I've tried both of these and never had the result actually pass a shapiro-wilk test of normality. I wonder if there is an R function that can cherry pick values from a non-normal distribution to form a normal distribution.

Neither transformation is guaranteed to bring the data to normality, but the idea is to bring it as close as possible to a normal distribution. That is usually enough for most applications.

Below are two real distributions of RNAseq counts. Don't mean to mix that with other transformations that may be more appropriate for this specific type of data, but just to make this point: even when neither of the two transformed datasets are normally distributed, one can be closer to normality than the other.

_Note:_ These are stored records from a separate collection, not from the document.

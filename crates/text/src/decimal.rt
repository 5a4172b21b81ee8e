// Decimal numbers.
ghost use Rattle.std.specs.Prelude.{◌≡◌, true};
ghost use Rattle.octets.specs.Lists.{every};
ghost use Rattle.text.specs.Text.{in_range, number_of, decimal_of};

fn is_between(byte: u8, low: u8, high: u8) -> bool
    ensures { result ≡ in_range low high byte }
{
    low <= byte && byte <= high
}

// Whether each byte of s is from low to high. The loop is not left early, so that the compiler tests several at once.
#[tactic(auto, using(octets::proofs::Every::every_turns))]
pub fn all_between(s: &[u8], low: u8, high: u8) -> bool
    ensures { result ≡ every (in_range low high) s.now }
{
    let mut ok = true;
    for &byte in s {
        ok &= is_between(byte, low, high);
    }
    ok
}

// The number that the digits s stand for.
#[tactic(auto, unfolding(crate::specs::Text::number_of), using(crate::proofs::DecimalLaws::decimal_turns))]
fn value(s: &[u8]) -> Option<u64>
    requires { every (in_range 48 57) s.now ≡ true }
    ensures { result ≡ number_of s.now }
{
    let mut value: u64 = 0;
    for &digit in s {
        value = value.checked_mul(10)?.checked_add(u64::from(digit - b'0'))?;
    }
    Some(value)
}

// The number that s is the decimal form of.
#[tactic(auto, unfolding(crate::specs::Text::decimal_of))]
pub fn read_decimal(s: &[u8]) -> Option<u64>
    ensures { result ≡ decimal_of s.now }
{
    let plain = !s.is_empty() && all_between(s, b'0', b'9') && (s.len() == 1 || s[0] != b'0');
    if plain { value(s) } else { None }
}
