// Text: pieces between separators, and hexadecimal and decimal digits, read and put. Every function is total, for any length.
#![tactic(auto)]

mod cut; // cut.rt
mod hex; // hex.rt
mod decimal; // decimal.rt
mod print; // print.rt

pub use self::cut::{COMMA, LINE_END, count, find, head, split_once, tail};
pub use self::decimal::{all_between, read_decimal};
pub use self::hex::{decode, hex_ok, hex_value};
pub use self::print::{put_byte, put_decimal, put_hex};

Amusing historical tidbit on the Box-Cox naming:

https://onlinestatbook.com/2/transformations/box-cox.html

By the way, there is a

Yeo-Johnson transformationwhich is a special case of Box-Cox that can be used to transform negative data points. Yet another reason to favor it over the log transformation.